Перед ним на столе лежали результаты анализов и заключение лаборатории. Лейкемия. Четвёртая стадия. Всё уже слишком запущено… слишком.
— Да, я понимаю… я знаю, что должна, — Дарья Александровна шмыгнула носом, превращаясь на его глазах в просто девочку Дашу. — Но я не могу. Не могу! Эта Лиля, Лилечка, мы её в отделении фонариком зовём, она же светится изнутри и ласковая, как котёнок. А я… а мне… не могу я, Олег Станиславович…
Он понимал, что эта молодая женщина, что сидела перед ним, то и дело утирая ладонями слёзы, должна собраться, пересилить себя, иначе, какой к чёрту из неё врач, понимал, но вместе с тем видел, что в таком состоянии, допускать её к матери больного ребёнка никак нельзя. Сейчас нельзя.
— Сидите здесь и ждите меня, — Олег поднялся, собрал со стола бланки анализов. — Матери девочки я скажу сам, но потом… потом я вернусь, и мы с вами серьёзно поговорим.
Уже на выходе, краем глаза, он заметил, как она ещё больше сгорбилась, втянула голову в плечи, уткнувшись глазами в пол.
— Светлана Антоновна, мы получили результаты анализов вашей дочери, — Олег с усилием отвёл взгляд от ярко-розовой сумочки. Женщина, едва усевшись на стул, выставила эту сумочку перед собой, словно защищалась. — К сожалению, результаты очень неутешительные.

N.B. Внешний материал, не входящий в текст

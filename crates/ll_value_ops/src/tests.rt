use crate::read_value_operation;
use ll_parser::{NameTable, ReadError};
use ll_tokens::{Token, tokens};
use ll_tree::{FlagWord, Op, Value};
use std::alloc::Global;
use std::test::Fail;

/// What reading comes to: the instruction, the numbers that are its operands and how many tokens are left, or the rule that is
/// broken and how many tokens are left.
#[derive(Clone, Copy, Debug, PartialEq, Eq)]
enum Outcome {
    Read(&'static str, [i128; 3], usize),
    NoOperation,
    Refused(u16, usize),
    NoMemory,
}

use Outcome::{Read, Refused};

/// A number, and 0 for every other value.
fn number_of(value: &Value) -> i128 {
    match value {
        Value::Int(number) => *number,
        _ => 0,
    }
}

/// The place of the last `nsw`.
fn place_of_nsw(op: &Op) -> i128 {
    let mut place = 0;
    if let Op::Binary { flags, .. } = op {
        for flag in flags.as_slice() {
            if flag.word == FlagWord::Nsw {
                place = i128::from(flag.byte);
            }
        }
    }
    place
}

fn shape(op: &Op, left: usize) -> Outcome {
    match op {
        Op::Binary {
            left: first,
            right,
            ..
        } => {
            Read(
                "binary",
                [number_of(first), number_of(right), place_of_nsw(op)],
                left,
            )
        }
        Op::Compare {
            left: first,
            right,
            ..
        } => { Read("compare", [number_of(first), number_of(right), 0], left) }
        Op::Select {
            condition,
            accepted,
            rejected,
        } => Read(
            "select",
            [
                number_of(&condition.value),
                number_of(&accepted.value),
                number_of(&rejected.value),
            ],
            left,
        ),
        Op::Cast { operand, to, .. } => Read(
            "cast",
            [number_of(&operand.value), to.pointers.len() as i128, 0],
            left,
        ),
        Op::ExtractElement { vector, index } => Read(
            "extractelement",
            [number_of(&vector.value), number_of(&index.value), 0],
            left,
        ),
        Op::InsertElement {
            vector,
            element,
            index,
        } => Read(
            "insertelement",
            [
                number_of(&vector.value),
                number_of(&element.value),
                number_of(&index.value),
            ],
            left,
        ),
        Op::ShuffleVector {
            left: first,
            right,
            mask,
        } => Read(
            "shufflevector",
            [
                number_of(&first.value),
                number_of(&right.value),
                number_of(&mask.value),
            ],
            left,
        ),
        Op::ExtractValue { aggregate, index } => Read(
            "extractvalue",
            [number_of(&aggregate.value), i128::from(*index), 0],
            left,
        ),
        _ => Outcome::NoOperation,
    }
}

fn outcome_of(alloc: Global, tokens: &[Token<'_>]) -> Outcome {
    let mut names = NameTable::new(alloc);
    match read_value_operation(alloc, tokens, &mut names) {
        Ok(Some((op, rest))) => shape(&op, rest.len()),
        Ok(None) => Outcome::NoOperation,
        Err(ReadError::Refused(refusal)) => Refused(refusal.rule, refusal.left),
        Err(ReadError::NoMemory) => Outcome::NoMemory,
    }
}

const READ: [(&str, Outcome); 16] = [
    ("add i32 1, 2", Read("binary", [1, 2, 0], 0)),
    (
        "add nuw nsw i32 1, 2 ret void",
        Read("binary", [1, 2, 8], 2),
    ),
    ("udiv exact i32 %a, 2", Read("binary", [0, 2, 0], 0)),
    (
        "ashr <2 x i8> %a, <i8 1, i8 2>",
        Read("binary", [0, 0, 0], 0),
    ),
    ("icmp slt i32 3, 4, !dbg !1", Read("compare", [3, 4, 0], 3)),
    ("select i1 1, i32 5, i32 6", Read("select", [1, 5, 6], 0)),
    ("trunc i64 7 to i32", Read("cast", [7, 0, 0], 0)),
    (
        "bitcast i8* %p to i32 addrspace(1)**",
        Read("cast", [0, 2, 0], 0),
    ),
    (
        "addrspacecast i8* %p to i8 addrspace(4)* %q",
        Read("cast", [0, 1, 0], 1),
    ),
    (
        "extractelement <2 x i32> %v, i32 1",
        Read("extractelement", [0, 1, 0], 0),
    ),
    (
        "insertelement <2 x i32> %v, i32 8, i32 1",
        Read("insertelement", [0, 8, 1], 0),
    ),
    (
        "shufflevector <2 x i32> %v, <2 x i32> undef, <2 x i32> zeroinitializer",
        Read("shufflevector", [0, 0, 0], 0),
    ),
    (
        "extractvalue { i32, i8 } %s, 1",
        Read("extractvalue", [0, 1, 0], 0),
    ),
    ("ret void", Outcome::NoOperation),
    ("%add i32 1, 2", Outcome::NoOperation),
    ("", Outcome::NoOperation),
];

const REFUSED: [(&str, Outcome); 16] = [
    ("add", Refused(3, 0)),
    ("add fast i32 1, 2", Refused(3, 5)),
    ("add nsw i32 1 2", Refused(3, 1)),
    ("add i8 1, 256", Refused(4, 1)),
    ("add i32 %99999999999, 2", Refused(4, 3)),
    ("icmp i32 3, 4", Refused(3, 4)),
    ("icmp oeq i32 3, 4", Refused(3, 5)),
    ("select i1 1, i32 5", Refused(3, 0)),
    ("select i1 1, i32 5, 6", Refused(3, 1)),
    ("zext i8 1 i32", Refused(3, 1)),
    ("zext i8 1 to 2", Refused(3, 1)),
    ("extractelement <2 x i32> %v i32 1", Refused(3, 2)),
    ("insertelement <2 x i32> %v, i32 8 i32 1", Refused(3, 2)),
    ("shufflevector <2 x i32> %v, <2 x i32> undef", Refused(3, 0)),
    ("extractvalue { i32, i8 } %s, %i", Refused(3, 1)),
    (
        "extractvalue { i32, i8 } %s, 9223372036854775808",
        Refused(4, 1),
    ),
];

#[test]
fn reads_instructions(rt: HostRuntime) -> Result<(), Fail> {
    for (text, want) in READ {
        let found = tokens(rt.alloc(), text)?;
        assert_eq!(rt; outcome_of(rt.alloc(), found.as_slice()), want, "in {text}");
    }
    Ok(())
}

#[test]
fn refuses_instructions(rt: HostRuntime) -> Result<(), Fail> {
    for (text, want) in REFUSED {
        let found = tokens(rt.alloc(), text)?;
        assert_eq!(rt; outcome_of(rt.alloc(), found.as_slice()), want, "in {text}");
    }
    Ok(())
}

Он оторвался от разложенных перед ним листков, от толстой медицинской карты, которую захватил с собой из регистратуры, взглянул в худое бледное лицо женщины. Оно было даже привлекательным, узкое, чуть островатое, в обрамлении мелких высветленных кудряшек, но всё портило злое колючее выражение зеленовато-карих глазах.
— Диагноз подтвердился? — женщина нервно щёлкнула замочком сумочки, и от этого резкого звука Олег непроизвольно вздрогнул.

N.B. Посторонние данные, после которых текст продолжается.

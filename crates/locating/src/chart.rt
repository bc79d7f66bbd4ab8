// What locating reads of the lent tables: the directory's words and the chunks', in which the chain and the index are right.
ghost use Rattle.locating.specs.Charted.{Charted};

use rules::Sizes;

#[derive(Clone, Copy)]
pub struct Chart<'a> {
    pub z: Sizes,
    pub directory: &'a [u64],
    pub chunks: &'a [u64],
    ghost charted: { Charted z directory.now chunks.now },
}
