// Locating by the index (document 02, E3): it leads to a live chunk, and from there the chain is walked.
#![tactic(auto)]

mod chart;

ghost use Rattle.std.specs.Prelude.{◌≡◌, List, ℕ, ◌+◌, ◌*◌, ◌≤◌, length};
ghost use Rattle.rules.specs.Walks.{locate};
ghost use Rattle.rows.specs.Rows.{chunk_rows, tables};
ghost use Rattle.locating.specs.Charted.{Charted, Rises, Under, last_live, Starts};

pub use chart::Chart;
use rules::{Chunk, ChunkNo, Sizes};

// How many of the first `many` rows of the index have a minimum key at or under the key.
pub fn halve(directory: &[u64], many: usize, k: u64) -> usize
    requires { (6 + many * 2 ≤ length directory.now) × Rises directory.now many }
    ensures { Under directory.now many k result }
{
    let mut low: usize = 0;
    let mut high = many;
    // Rows are read by their number: `partition_point` has no slice of them to search.
    while low < high {
        let middle = low + (high - low) / 2;
        if rows::index_row(directory, middle).min <= k {
            low = middle + 1;
        } else {
            high = middle;
        }
    }
    low
}

// The chunk of the last of the first `many` rows that names a live one, or the first live chunk.
pub fn live_from(z: Sizes, directory: &[u64], chunks: &[u64], many: usize) -> ChunkNo
    requires { (6 + many * 2 ≤ length directory.now) × (length chunks.now ≡ z.chunks * 6) }
    ensures { result ≡ last_live directory.now (chunk_rows z.chunks chunks.now) many }
{
    for i in (0..many).rev() {
        let c = rows::index_row(directory, i).chunk;
        if rows::chunk_at(z, chunks, c).status == Chunk::LIVE {
            return c;
        }
    }
    rows::directory_row(directory).first
}

impl Chart<'_> {
    // The live chunk where the index leads: the walk to the key from it answers as from the first.
    pub fn start(&self, k: u64) -> ChunkNo
        ensures { Starts self.now.z self.now.directory.now self.now.chunks.now k result }
    {
        let indexed = rows::directory_row(self.directory).indexed as usize;
        let many = halve(self.directory, indexed, k);
        live_from(self.z, self.directory, self.chunks, many)
    }

    // The live chunk whose range has the key.
    pub fn locate(&self, k: u64) -> ChunkNo
        ensures { (ts es vs ms : List ℕ) → result ≡ locate self.now.z (tables self.now.z self.now.directory.now ts self.now.chunks.now es vs ms) k }
    {
        let c = self.start(k);
        walks::locate(self.z, self.chunks, c, k)
    }
}
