/// What the words ask for: one command, or a list of commands. `Usage` comes exactly where the grammar refuses, with the index
/// of the first word that breaks a rule, or the number of words where one is missing. A command that was read has its numbers
/// in range and names that may stand, as `read_command` says.
pub fn read_words(alloc: Global, words: &[String]) -> Result<Request, WordsFail>
    ensures value { ReadsWords result (request_reading (texts words.now)) }
    ensures runs { IfOk result MayRun }
{
    match words {
        [] => Err(WordsFail::Usage { word: 0 }),
        [first, rest @ ..] => {
            if first.as_str() == "batch" {
                read_batch(alloc, rest)
            } else {
                one_command(alloc, words)
            }
        }
    }
}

— Да, подтвердился. Это четвёртая стадия, и болезнь стремительно прогрессирует. Боюсь, что…
— Где я должна подписать? — оборвала его Светлана Антоновна.
Олег слегка поперхнулся.
— Подписать? — переспросил он.
— Ну да… её же, — она бросила быстрый взгляд на девочку, которая, прижав к себе своего потасканного медведя, с любопытством разглядывала кабинет Олега. — Её же в соответствии с Законом… Я должна поставить свою подпись? Давайте, я всё подпишу.
С такой реакцией он столкнулся впервые. Нет, некоторые замыкались, пытались отгородиться от страшных вестей, но чтоб вот так…

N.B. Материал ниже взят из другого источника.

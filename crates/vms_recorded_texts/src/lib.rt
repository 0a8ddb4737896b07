//! What a recording writes of a trace, its lines that count and their written history, is certified.
#![tactic(auto)]

mod laws;

pub use laws::{recorded_texts_are_certified, recorded_texts_have_no_fault};
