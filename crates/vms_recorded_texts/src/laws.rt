ghost use Rattle.vms_recorded_texts.specs.RecordedTexts.{RecordedTextsAreCertified, RecordedTextsHaveNoFault};
ghost use Rattle.vms_recorded_texts.specs.RecordedTexts.{TextsWithinLimitsAreShort};

use vms_history_judge::{Judge, judged_faults_are_final};
use vms_line::lines_have_one_spelling;
use vms_line_walks::LineWalk;
use vms_recorded::recorded_histories_are_written;

/// What a recording writes of a trace is certified: its history is a whole one of the trace that stands before it, with
/// all phases and events, and no line of that trace is refused. So it is where no phase has 2^32 events; a text within
/// the limit on lines or the one on bytes has none of so many.
pub fn recorded_texts_are_certified()
    ensures certified { RecordedTextsAreCertified }
    ensures short { TextsWithinLimitsAreShort }
{
    lines_have_one_spelling();
    recorded_histories_are_written();
}

/// The command `certify` finds no fault in what a recording wrote: where it judges the text to its end its status is 0,
/// and its line gives the numbers of the phases and events.
pub fn recorded_texts_have_no_fault()
    ensures { RecordedTextsHaveNoFault }
{
    recorded_texts_are_certified();
    vms_certifying::faults_are_final::<Judge<LineWalk>>();
    judged_faults_are_final::<LineWalk>();
}
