// Sums and products of weights, none of them above the limit.
ghost use Rattle.std.specs.Prelude.{◌≡◌, ◌-◌, ◌^◌, min};
ghost use Rattle.written_sizes.specs.Arithmetic as meant;

use crate::sizes::{own_expressions, own_levels};
use operator_faults::What;

/// What is counted: the expressions of an outline, or its levels and one more.
#[derive(Clone, Copy, PartialEq, Eq)]
pub enum Measure {
    Expressions,
    Levels,
}

const EXPRESSIONS: u64 = 1_000_001;

const DEPTH: u64 = 66;

/// The weight from which on all are too large.
fn limit(measure: Measure) -> u64
    ensures { result ≡ meant.limit measure }
{
    match measure {
        Measure::Expressions => EXPRESSIONS,
        Measure::Levels => DEPTH,
    }
}

/// The weight of two parts.
pub(crate) fn add(measure: Measure, a: u64, b: u64) -> u64
    ensures { result ≡ (meant.limited measure).add a b }
{
    let sum = match measure {
        Measure::Expressions => a.saturating_add(b),
        Measure::Levels => a.max(b),
    };
    sum.min(limit(measure))
}

/// The weight of a part that stands so many times, or so deep.
pub(crate) fn multiply(measure: Measure, a: u64, b: u64) -> u64
    ensures { result ≡ (meant.limited measure).multiply a b }
{
    let product = match measure {
        Measure::Expressions => a.saturating_mul(b),
        Measure::Levels => deeper(a, b),
    };
    product.min(limit(measure))
}

fn deeper(a: u64, b: u64) -> u64
    ensures { result ≡ min (meant.deep a b) (2 ^ 64 - 1) }
{
    if a == 0 || b == 0 {
        0
    } else {
        (a - 1).saturating_add(b)
    }
}

/// How often parts count that stand below.
pub(crate) fn factor(measure: Measure, what: &What) -> u64
    ensures { result ≡ meant.factor measure what.now }
{
    match measure {
        Measure::Expressions => 1,
        Measure::Levels => own_levels(what) + 1,
    }
}

/// What stands there without parts.
pub(crate) fn alone(measure: Measure, what: &What) -> u64
    ensures { result ≡ meant.alone measure what.now }
{
    match measure {
        Measure::Expressions => own_expressions(what),
        Measure::Levels => 1,
    }
}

— Подождите, — Олег с удивлением всматривался в глаза матери. Матери, которой только что сообщили, что её дочь умрёт. — Безусловно, случай тяжёлый. И готовиться надо к самому худшему, но…
Он потерялся.
— Да я всё понимаю, не беспокойтесь. Закон предписывает в таких случаях немедленную эвтаназию. Мне её прямо сейчас тут оставить?